Láibmat II
With their performance in the Chemnitz River, Margrethe Pettersen, Maia Birkeland, Dana Tomečková and Christina Disington perform a healing, cleansing ritual. The video shows how four people in colourful, handmade costumes carefully approach the water. One by one, they enter the water, forming rectangular, circular and crossed shapes with their bodies. In this way, they drift downstream from one bridge to another, moving with the water.
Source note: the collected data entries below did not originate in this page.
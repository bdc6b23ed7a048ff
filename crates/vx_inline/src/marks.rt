// Tables in which the numbers of a list are marked.

ghost use Rattle.std.specs.Prelude.{◌≡◌, ◌<◌, ℕ, true, false, IfOk, replicate, slice_set};
ghost use Rattle.vx_flow.specs.Rows.{is_marked};
ghost use Rattle.vx_inline.specs.Inlined.{is_among};
ghost use Rattle.vx_inline.specs.Values.{marked_all};

use std::alloc::Global;
use vx_base::outcome::NoMemory;
use vx_flow::graph::Value;

/// A table of so many values, in which those of a list are marked.
pub(crate) fn marks_of(alloc: Global, count: usize, values: &[Value]) -> Result<Vec<bool>, NoMemory>
    ensures { IfOk result (λ marks. (v : ℕ) → v < count → is_marked marks.items v ≡ is_among values.now v) }
{
    let mut marks = unmarked(alloc, count)?;
    mark_all(&mut marks, values);
    Ok(marks)
}

/// A table of so many values, none of them marked.
pub(crate) fn unmarked(alloc: Global, count: usize) -> Result<Vec<bool>, NoMemory>
    ensures { IfOk result (λ marks. marks.items ≡ replicate count false) }
{
    Ok(vec![in alloc; false; count]?)
}

fn mark_all(marks: &mut Vec<bool>, values: &[Value])
    ensures { marks.new.items ≡ marked_all values.now marks.old.items }
{
    for value in values {
        mark(marks, *value);
    }
}

/// Marks a value, if the table has it.
pub(crate) fn mark(marks: &mut Vec<bool>, value: Value)
    ensures { marks.new.items ≡ slice_set marks.old.items value true }
{
    if (value as usize) < marks.len() {
        marks[value as usize] = true;
    }
}

/// Whether a value is marked.
pub(crate) fn is_marked(marks: &[bool], value: Value) -> bool
    ensures { result ≡ is_marked marks.now value }
{
    match marks.get(value as usize) {
        Some(marked) => *marked,
        None => false,
    }
}

/// Whether what stands at a place is marked.
pub(crate) fn is_marked_at(marks: &[bool], place: usize) -> bool
    ensures { result ≡ is_marked marks.now place }
{
    match marks.get(place) {
        Some(marked) => *marked,
        None => false,
    }
}
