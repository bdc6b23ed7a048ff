// The blocks of each function that end by a call, so that no step looks at others for its site.

ghost use Rattle.std.specs.Prelude.{◌≡◌, ◌++◌, ◌∷◌, [], IfOk, Some, map, slice_get, slice_set};
ghost use Rattle.vx_flow.specs.declared.graph.Flow.{Flow};
ghost use Rattle.vx_inline.specs.CallPlaces.{ListsCalls, call_place, call_places, calling_blocks};
ghost use Rattle.vx_inline.specs.Inlined.{Inlined};
ghost use Rattle.vx_inline.specs.declared.site.Site.{Site};

use crate::fitting::is_calling;
use std::alloc::Global;
use vx_base::listed::Listed;
use vx_base::outcome::NoMemory;
use vx_base::sizes::number_of;
use vx_flow::graph::{Block, BlockId, Flow, Graph};

/// The blocks of each function that call.
pub(crate) fn calls_of(alloc: Global, flow: &Flow) -> Result<Vec<Listed<BlockId>>, NoMemory>
    ensures { IfOk result (λ calls. ListsCalls flow.now calls.items) }
{
    calls_in(alloc, flow.functions.as_slice())
}

fn calls_in(alloc: Global, functions: &[Graph]) -> Result<Vec<Listed<BlockId>>, NoMemory>
    ensures { IfOk result (λ calls. calls.items ≡ map calling_blocks functions.now) }
{
    let mut calls = Vec::new(alloc);
    for graph in functions {
        push_calls(alloc, &mut calls, graph)?;
    }
    Ok(calls)
}

fn push_calls(
    alloc: Global,
    calls: &mut Vec<Listed<BlockId>>,
    graph: &Graph,
) -> Result<(), NoMemory>
    ensures { IfOk result (λ _. calls.new.items ≡ calls.old.items ++ map calling_blocks (graph.now ∷ [])) }
{
    let own = calling_blocks(alloc, graph)?;
    calls.push(own)?;
    Ok(())
}

fn calling_blocks(alloc: Global, graph: &Graph) -> Result<Listed<BlockId>, NoMemory>
    ensures { IfOk result (λ calls. calls ≡ calling_blocks graph.now) }
{
    places_in(alloc, graph.blocks.as_slice())
}

#[tactic(auto, using(crate::proofs::Calling::places_next))]
fn places_in(alloc: Global, blocks: &[Block]) -> Result<Listed<BlockId>, NoMemory>
    ensures { IfOk result (λ calls. calls ≡ call_places 0 blocks.now) }
{
    let mut calls = Listed::new(alloc);
    for (place, block) in blocks.iter().enumerate() {
        let place = number_of(place)?;
        push_place(&mut calls, place, block)?;
    }
    Ok(calls)
}

fn push_place(calls: &mut Listed<BlockId>, place: BlockId, block: &Block) -> Result<(), NoMemory>
    ensures { IfOk result (λ _. calls.new ≡ calls.old ++ call_place place block.now) }
{
    if is_calling(block) {
        calls.push(place)?;
    }
    Ok(())
}

/// The same of a flow in which a call of a function is inlined: only the function is looked through again.
pub(crate) fn calls_next(
    alloc: Global,
    calls: Vec<Listed<BlockId>>,
    function: u32,
    new: &Flow,
) -> Result<Vec<Listed<BlockId>>, NoMemory>
    ensures { IfOk result (λ next. (flow : Flow) (site : Site) → Inlined flow site new.now → site.function ≡ function → ListsCalls flow calls.items → ListsCalls new.now next.items) }
{
    match new.functions.as_slice().get(function as usize) {
        Some(graph) => calls_for(alloc, calls, function, new, graph),
        None => Err(NoMemory),
    }
}

#[tactic(auto, using(crate::proofs::Calling::calls_anew))]
fn calls_for(
    alloc: Global,
    calls: Vec<Listed<BlockId>>,
    function: u32,
    new: &Flow,
    graph: &Graph,
) -> Result<Vec<Listed<BlockId>>, NoMemory>
    requires { slice_get new.now.functions function ≡ Some graph.now }
    ensures { IfOk result (λ next. (flow : Flow) (site : Site) → Inlined flow site new.now → site.function ≡ function → ListsCalls flow calls.items → ListsCalls new.now next.items) }
{
    let _new = new;
    let own = calling_blocks(alloc, graph)?;
    Ok(with_calls(calls, function, own))
}

/// With the blocks that call of one function.
fn with_calls(
    mut calls: Vec<Listed<BlockId>>,
    function: u32,
    own: Listed<BlockId>,
) -> Vec<Listed<BlockId>>
    ensures { result.items ≡ slice_set calls.items function own }
{
    if (function as usize) < calls.len() {
        calls[function as usize] = own;
    }
    calls
}
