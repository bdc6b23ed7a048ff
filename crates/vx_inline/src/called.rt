// Which functions a function reaches by calls, found as what is live on the routes of calls.

ghost use Rattle.std.specs.Prelude.{◌≡◌, ◌↔◌, ◌++◌, ◌<◌, ◌^◌, ℕ, length, IfOk, IsTrue};
ghost use Rattle.std.specs.List.{flat_map};
ghost use Rattle.vx_flow.specs.Live.{reading};
ghost use Rattle.vx_flow.specs.Rows.{lives};
ghost use Rattle.vx_inline.specs.Inlined.{Reaches};
ghost use Rattle.vx_inline.specs.Reaching.{call_route, call_routes, called_by, calls_of_block};

use std::alloc::Global;
use vx_base::listed::Listed;
use vx_base::outcome::NoMemory;
use vx_flow::graph::{Block, Exit, Flow, Graph};
use vx_flow::live_on;
use vx_flow::live_rows::Live;
use vx_flow::routes::{Route, Touch};

/// The functions that each function of a flow reaches by calls.
pub fn reached(alloc: Global, flow: &Flow) -> Result<Live, NoMemory>
    ensures exact { IfOk result (λ live. (f : ℕ) (g : ℕ) → IsTrue (lives live f g) ↔ Reaches flow.now f g) }
{
    let functions = flow.functions.len();
    let routes = routes_of(alloc, flow.functions.as_slice())?;
    live_on(alloc, functions, &routes)
}

/// The routes of calls.
fn routes_of(alloc: Global, functions: &[Graph]) -> Result<Listed<Route>, NoMemory>
    requires { length functions.now < 2 ^ 32 }
    ensures { IfOk result (λ routes. routes ≡ call_routes 0 functions.now) }
{
    let mut routes = Listed::new(alloc);
    for (index, graph) in functions.iter().enumerate() {
        let route = route_of(alloc, index as u32, graph)?;
        routes.push(route)?;
    }
    Ok(routes)
}

/// A function as a route to those that it calls.
fn route_of(alloc: Global, from: u32, graph: &Graph) -> Result<Route, NoMemory>
    ensures { IfOk result (λ route. route ≡ call_route from graph.now) }
{
    let mut to = Listed::new(alloc);
    push_callees(&mut to, graph.blocks.as_slice())?;
    let mut touches = Listed::new(alloc);
    read_all(&mut touches, to.as_slice())?;
    Ok(Route { from, to, touches })
}

/// Adds the functions that blocks call.
fn push_callees(to: &mut Listed<u32>, blocks: &[Block]) -> Result<(), NoMemory>
    ensures { IfOk result (λ _. to.new ≡ to.old ++ flat_map calls_of_block blocks.now) }
{
    for block in blocks {
        push_callee(to, &block.exit)?;
    }
    Ok(())
}

/// Adds the function that an exit calls.
fn push_callee(to: &mut Listed<u32>, exit: &Exit) -> Result<(), NoMemory>
    ensures { IfOk result (λ _. to.new ≡ to.old ++ called_by exit.now) }
{
    match exit {
        Exit::Call { function, .. } => to.push(*function)?,
        Exit::Goto(_) | Exit::Split { .. } | Exit::Return(_) | Exit::Ends(_) => {}
    }
    Ok(())
}

/// Adds that each of these is read.
fn read_all(touches: &mut Listed<Touch>, values: &[u32]) -> Result<(), NoMemory>
    ensures { IfOk result (λ _. touches.new ≡ touches.old ++ reading values.now) }
{
    for value in values {
        touches.push(Touch {
            value: *value,
            reads: true,
        })?;
    }
    Ok(())
}
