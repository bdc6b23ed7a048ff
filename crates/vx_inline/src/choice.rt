// The site whose call is inlined next.

ghost use Rattle.std.specs.Prelude.{◌≡◌, ◌+◌, ◌<◌, ◌↔◌, ℕ, true, false, IfOk, IsTrue, Some, is_some, length, slice_get};
ghost use Rattle.std.specs.Option.{option_map};
ghost use Rattle.vx_flow.specs.Rows.{is_marked};
ghost use Rattle.vx_flow.specs.Sound.{SoundFlow};
ghost use Rattle.vx_inline.specs.Choosing.{BestBefore, BestOfBlocks, BestOfFunction, BestOfTwo, Chosen, IsCandidate, IsWorthIt, NoneFirst, NoneIsWorthIt, exceeds, is_below, site_of};
ghost use Rattle.vx_inline.specs.CallPlaces.{ListsCalls};
ghost use Rattle.vx_inline.specs.Finding.{call_in, seen};
ghost use Rattle.vx_inline.specs.Keeping.{Knows};
ghost use Rattle.vx_inline.specs.Permitting.{HasEnough, StandsApart};

use crate::call_lists::calls_of;
use crate::fitting::{fits, has_few};
use crate::found_call::{FoundCall, find};
use crate::free_values::has_values;
use crate::known::{Known, known_of};
use crate::marks::is_marked;
use crate::site::Site;
use std::alloc::Global;
use vx_base::listed::Listed;
use vx_base::outcome::NoMemory;
use vx_base::sizes::number_of;
use vx_flow::graph::{BlockId, Flow, Graph};
use vx_flow::live_rows::Live;
use vx_profile::counts::Counts;

/// What is chosen by: the flow, what is known of it, the blocks of each function that call, the counts of its blocks, and the most
/// operations of a callee.
#[derive(Clone, Copy)]
pub struct Asked<'a> {
    pub flow: &'a Flow,
    pub known: &'a Known,
    pub calls: &'a Vec<Listed<BlockId>>,
    pub counts: &'a Counts,
    pub most: u32,
}

/// Among the permitted sites whose callee has at most so many operations, the one whose block has the greatest count; on ties the
/// one of the lowest function, and then the lowest block. None where there is no such site.
pub fn choose(
    alloc: Global,
    flow: &Flow,
    counts: &Counts,
    most: u32,
) -> Result<Option<Site>, NoMemory>
    requires sound { SoundFlow flow.now }
    ensures chosen { IfOk result (λ site. Chosen flow.now counts.now most site) }
{
    let known = known_of(alloc, flow)?;
    let calls = calls_of(alloc, flow)?;
    let asked = Asked {
        flow,
        known: &known,
        calls: &calls,
        counts,
        most,
    };
    chosen(alloc, &asked)
}

/// The site that is chosen by what is known. By what costs little one comes first; if it is permitted, it is the one, so that free
/// values are seldom looked for at another.
#[tactic(auto, using(crate::proofs::Likely::none_chosen))]
pub(crate) fn chosen(alloc: Global, asked: &Asked) -> Result<Option<Site>, NoMemory>
    requires known { Knows asked.now.flow.now asked.now.known.now }
    requires calls { ListsCalls asked.now.flow.now asked.now.calls.now.items }
    ensures chosen { IfOk result (λ site. Chosen asked.now.flow.now asked.now.counts.now asked.now.most site) }
{
    let functions = number_of(asked.flow.functions.len())?;
    match likely(asked, functions) {
        Some(site) => likely_or_best(alloc, asked, functions, site),
        None => Ok(None),
    }
}

/// A site that comes first by what costs little, if it is permitted; else the one that is found among all.
fn likely_or_best(
    alloc: Global,
    asked: &Asked,
    functions: u32,
    site: Site,
) -> Result<Option<Site>, NoMemory>
    requires known { Knows asked.now.flow.now asked.now.known.now }
    requires functions { functions ≡ length asked.now.flow.now.functions }
    requires first { NoneFirst asked.now.flow.now asked.now.counts.now asked.now.most (Some site) }
    ensures { IfOk result (λ chosen. Chosen asked.now.flow.now asked.now.counts.now asked.now.most chosen) }
{
    if is_candidate(alloc, asked, &site)? {
        Ok(Some(site))
    } else {
        best_of_all(alloc, asked, functions)
    }
}

/// The site that is found among all.
#[tactic(auto, using(crate::proofs::Firsts::none_before, crate::proofs::Firsts::chosen_last))]
fn best_of_all(alloc: Global, asked: &Asked, functions: u32) -> Result<Option<Site>, NoMemory>
    requires known { Knows asked.now.flow.now asked.now.known.now }
    requires functions { functions ≡ length asked.now.flow.now.functions }
    ensures { IfOk result (λ chosen. Chosen asked.now.flow.now asked.now.counts.now asked.now.most chosen) }
{
    let mut best = None;
    for function in 0..functions {
        best = best_with(alloc, asked, function, best)?;
    }
    Ok(best)
}

/// Whether a site is permitted and its callee has few operations, as far as it is known that its caller stands apart.
fn is_candidate(alloc: Global, asked: &Asked, site: &Site) -> Result<bool, NoMemory>
    requires known { Knows asked.now.flow.now asked.now.known.now }
    ensures { IfOk result (λ is. is ≡ true → IsCandidate asked.now.flow.now asked.now.most site.now) }
{
    if !is_apart(asked, site.function) {
        return Ok(false);
    }
    match worth_it(asked, site, None) {
        Some(found) => has_room(alloc, asked, site, &found),
        None => Ok(false),
    }
}

/// Whether a function is known to be on no cycle of calls, and reached by none on one.
fn is_apart(asked: &Asked, function: u32) -> bool
    ensures { result ≡ is_marked asked.now.known.now.apart.items function }
{
    is_marked(asked.known.apart.as_slice(), function)
}

/// Whether of each bank as many values of the caller are free as the callee names, by what is known.
fn has_room(alloc: Global, asked: &Asked, site: &Site, found: &FoundCall) -> Result<bool, NoMemory>
    requires known { Knows asked.now.flow.now asked.now.known.now }
    requires found { call_in asked.now.flow.now site.now ≡ Some (seen found.now) }
    ensures { IfOk result (λ has. IsTrue has ↔ HasEnough (seen found.now)) }
{
    match asked.known.live.as_slice().get(site.function as usize) {
        Some(live) => has_room_by(alloc, asked, site, found, live),
        None => Err(NoMemory),
    }
}

fn has_room_by(
    alloc: Global,
    asked: &Asked,
    site: &Site,
    found: &FoundCall,
    live: &Live,
) -> Result<bool, NoMemory>
    requires known { Knows asked.now.flow.now asked.now.known.now }
    requires found { call_in asked.now.flow.now site.now ≡ Some (seen found.now) }
    requires live { slice_get asked.now.known.now.live.items site.now.function ≡ Some live.now }
    ensures { IfOk result (λ has. IsTrue has ↔ HasEnough (seen found.now)) }
{
    let bare = is_marked(asked.known.bare.as_slice(), site.function);
    has_values(alloc, live, found, bare)
}

/// The site that comes first by what costs little.
fn likely(asked: &Asked, functions: u32) -> Option<Site>
    requires known { Knows asked.now.flow.now asked.now.known.now }
    requires calls { ListsCalls asked.now.flow.now asked.now.calls.now.items }
    requires functions { functions ≡ length asked.now.flow.now.functions }
    ensures { NoneFirst asked.now.flow.now asked.now.counts.now asked.now.most result }
{
    let mut best = None;
    for function in 0..functions {
        best = likely_with(asked, function, best);
    }
    best
}

/// The better of a site and those of a function, by what costs little.
fn likely_with(asked: &Asked, function: u32, best: Option<Site>) -> Option<Site>
    requires known { Knows asked.now.flow.now asked.now.known.now }
    requires calls { ListsCalls asked.now.flow.now asked.now.calls.now.items }
    ensures { BestOfFunction asked.now.flow.now asked.now.counts.now asked.now.most function best result }
{
    if is_apart(asked, function) {
        likely_in(asked, function, best)
    } else {
        best
    }
}

fn likely_in(asked: &Asked, function: u32, best: Option<Site>) -> Option<Site>
    requires calls { ListsCalls asked.now.flow.now asked.now.calls.now.items }
    ensures { BestOfFunction asked.now.flow.now asked.now.counts.now asked.now.most function best result }
{
    match asked.calls.as_slice().get(function as usize) {
        Some(calls) => likely_listed(asked, function, calls, best),
        None => best,
    }
}

fn likely_listed(
    asked: &Asked,
    function: u32,
    calls: &Listed<BlockId>,
    best: Option<Site>,
) -> Option<Site>
    requires calls { ListsCalls asked.now.flow.now asked.now.calls.now.items }
    requires row { slice_get asked.now.calls.now.items function ≡ Some calls.now }
    ensures { BestOfFunction asked.now.flow.now asked.now.counts.now asked.now.most function best result }
{
    likely_of(asked, function, calls.as_slice(), best)
}

fn likely_of(asked: &Asked, function: u32, calls: &[BlockId], best: Option<Site>) -> Option<Site>
    ensures { BestOfBlocks asked.now.flow.now asked.now.counts.now asked.now.most function calls.now best result }
{
    let mut likely = best;
    for block in calls {
        likely = likely_at(
            asked,
            Site {
                function,
                block: *block,
            },
            likely,
        );
    }
    likely
}

#[tactic(auto, using(crate::proofs::Likely::first_passed))]
fn likely_at(asked: &Asked, site: Site, best: Option<Site>) -> Option<Site>
    ensures { BestOfTwo asked.now.flow.now asked.now.counts.now asked.now.most site best result }
{
    if exceeds(asked, &site, best) {
        likely_there(asked, site, best)
    } else {
        best
    }
}

#[tactic(auto, using(crate::proofs::Likely::first_stays, crate::proofs::Likely::first_taken))]
fn likely_there(asked: &Asked, site: Site, best: Option<Site>) -> Option<Site>
    requires { exceeds asked.now.counts.now best site ≡ true }
    ensures { BestOfTwo asked.now.flow.now asked.now.counts.now asked.now.most site best result }
{
    match worth_there(asked, &site, best) {
        Some(_) => Some(site),
        None => best,
    }
}

/// The better of a site and those of one more function.
#[tactic(auto, using(crate::proofs::Firsts::passed_none))]
fn best_with(
    alloc: Global,
    asked: &Asked,
    function: u32,
    best: Option<Site>,
) -> Result<Option<Site>, NoMemory>
    requires known { Knows asked.now.flow.now asked.now.known.now }
    requires best { BestBefore asked.now.flow.now asked.now.counts.now asked.now.most function 0 best }
    ensures { IfOk result (λ new. BestBefore asked.now.flow.now asked.now.counts.now asked.now.most (function + 1) 0 new) }
{
    match asked.flow.functions.as_slice().get(function as usize) {
        Some(caller) => best_in(alloc, asked, function, caller, best),
        None => Ok(best),
    }
}

#[tactic(auto, using(crate::proofs::Firsts::passed_unworthy, crate::proofs::Firsts::passed_apart, crate::proofs::Firsts::best_closed))]
fn best_in(
    alloc: Global,
    asked: &Asked,
    function: u32,
    caller: &Graph,
    best: Option<Site>,
) -> Result<Option<Site>, NoMemory>
    requires known { Knows asked.now.flow.now asked.now.known.now }
    requires caller { slice_get asked.now.flow.now.functions function ≡ Some caller.now }
    requires best { BestBefore asked.now.flow.now asked.now.counts.now asked.now.most function 0 best }
    ensures { IfOk result (λ new. BestBefore asked.now.flow.now asked.now.counts.now asked.now.most (function + 1) 0 new) }
{
    let blocks = number_of(caller.blocks.len())?;
    if !has_worthy(asked, function, blocks, best) {
        return Ok(best);
    }
    if !is_apart(asked, function) {
        return Ok(best);
    }
    best_of(alloc, asked, function, blocks, best)
}

/// Whether some block of a function may come before the best, by what costs little.
fn has_worthy(asked: &Asked, function: u32, blocks: u32, best: Option<Site>) -> bool
    ensures { result ≡ false → (b : ℕ) → b < blocks → NoneIsWorthIt asked.now.flow.now asked.now.counts.now asked.now.most best (site_of function b) }
{
    for block in 0..blocks {
        if worth_it(asked, &Site { function, block }, best).is_some() {
            return true;
        }
    }
    false
}

/// The call of a site, where it is permitted as far as its values and other functions allow it, its callee has few operations, and
/// it comes before the best. Counts cost least, so they are asked first.
#[tactic(auto, using(crate::proofs::Candidates::worth_less))]
fn worth_it<'a>(asked: &Asked<'a>, site: &Site, best: Option<Site>) -> Option<FoundCall<'a>>
    ensures { IsWorthIt asked.now.flow.now asked.now.counts.now asked.now.most best site.now (option_map seen result) }
{
    if exceeds(asked, site, best) {
        worth_there(asked, site, best)
    } else {
        None
    }
}

#[tactic(auto, using(crate::proofs::Candidates::worth_none))]
fn worth_there<'a>(asked: &Asked<'a>, site: &Site, best: Option<Site>) -> Option<FoundCall<'a>>
    requires { exceeds asked.now.counts.now best site.now ≡ true }
    ensures { IsWorthIt asked.now.flow.now asked.now.counts.now asked.now.most best site.now (option_map seen result) }
{
    let _best = best;
    match find(asked.flow, site) {
        Some(found) => worth_of(asked, site, best, found),
        None => None,
    }
}

#[tactic(auto, using(crate::proofs::Candidates::worth_found))]
fn worth_of<'a>(
    asked: &Asked<'a>,
    site: &Site,
    best: Option<Site>,
    found: FoundCall<'a>,
) -> Option<FoundCall<'a>>
    requires found { call_in asked.now.flow.now site.now ≡ Some (seen found) }
    requires exceeds { exceeds asked.now.counts.now best site.now ≡ true }
    ensures { IsWorthIt asked.now.flow.now asked.now.counts.now asked.now.most best site.now (option_map seen result) }
{
    let _site = site;
    let _best = best;
    if fits(&found) && has_few(found.callee.blocks.as_slice(), asked.most) {
        Some(found)
    } else {
        None
    }
}

/// Whether a site comes before the best.
fn exceeds(asked: &Asked, site: &Site, best: Option<Site>) -> bool
    ensures { result ≡ exceeds asked.now.counts.now best site.now }
{
    match best {
        Some(best) => {
            let count = asked.counts.of_block(site.function, site.block);
            let known = asked.counts.of_block(best.function, best.block);
            known < count || (known == count && is_below(site, &best))
        }
        None => true,
    }
}

fn is_below(site: &Site, other: &Site) -> bool
    ensures { result ≡ is_below site.now other.now }
{
    site.function < other.function || (site.function == other.function && site.block < other.block)
}

/// The best of a site and those of a function that no cycle of calls reaches.
fn best_of(
    alloc: Global,
    asked: &Asked,
    function: u32,
    blocks: u32,
    best: Option<Site>,
) -> Result<Option<Site>, NoMemory>
    requires known { Knows asked.now.flow.now asked.now.known.now }
    requires apart { StandsApart asked.now.flow.now function }
    requires best { BestBefore asked.now.flow.now asked.now.counts.now asked.now.most function 0 best }
    ensures { IfOk result (λ new. BestBefore asked.now.flow.now asked.now.counts.now asked.now.most function blocks new) }
{
    let mut best = best;
    for block in 0..blocks {
        best = best_at(alloc, asked, Site { function, block }, best)?;
    }
    Ok(best)
}

#[tactic(auto, using(crate::proofs::Firsts::best_stays, crate::proofs::Firsts::best_taken, crate::proofs::Candidates::candidate_with, crate::proofs::Candidates::none_with))]
fn best_at(
    alloc: Global,
    asked: &Asked,
    site: Site,
    best: Option<Site>,
) -> Result<Option<Site>, NoMemory>
    requires known { Knows asked.now.flow.now asked.now.known.now }
    requires apart { StandsApart asked.now.flow.now site.function }
    requires best { BestBefore asked.now.flow.now asked.now.counts.now asked.now.most site.function site.block best }
    ensures { IfOk result (λ new. BestBefore asked.now.flow.now asked.now.counts.now asked.now.most site.function (site.block + 1) new) }
{
    match worth_it(asked, &site, best) {
        Some(found) => {
            if has_room(alloc, asked, &site, &found)? {
                Ok(Some(site))
            } else {
                Ok(best)
            }
        }
        None => Ok(best),
    }
}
The artist belongs to the Sami, an indigenous Nordic people whose culture views time in a circular way, as something that comes as opposed to going. The artists have also approached the river over a longer period of time; with letters and conversations. The Chemnitz, Kamenica, was once freely meandering, stony and biodiverse, then straightened, hidden, polluted, it became the driving force behind the industrialization of the city. Pettersen says: “I want to make the water and the river more accessible to the people who live there and bring back the river as an entity. I hope to open up thoughts about how important water is for all living organisms, but also the power it holds, stories and wisdom.” How to learn from indigenous communities is just as central as how to deal with the climate crisis. Questioning consumption and production, the relationship to and knowledge about nature, a notion of time that is not money but rather contemplative and responsibility for one’s own actions are just as much a part of the work as vulnerability. This is always based on the elementary connection and equal status of humans and the environment.
The video documentation of the performance is currently defect. Screening dates will be announced in the calendar.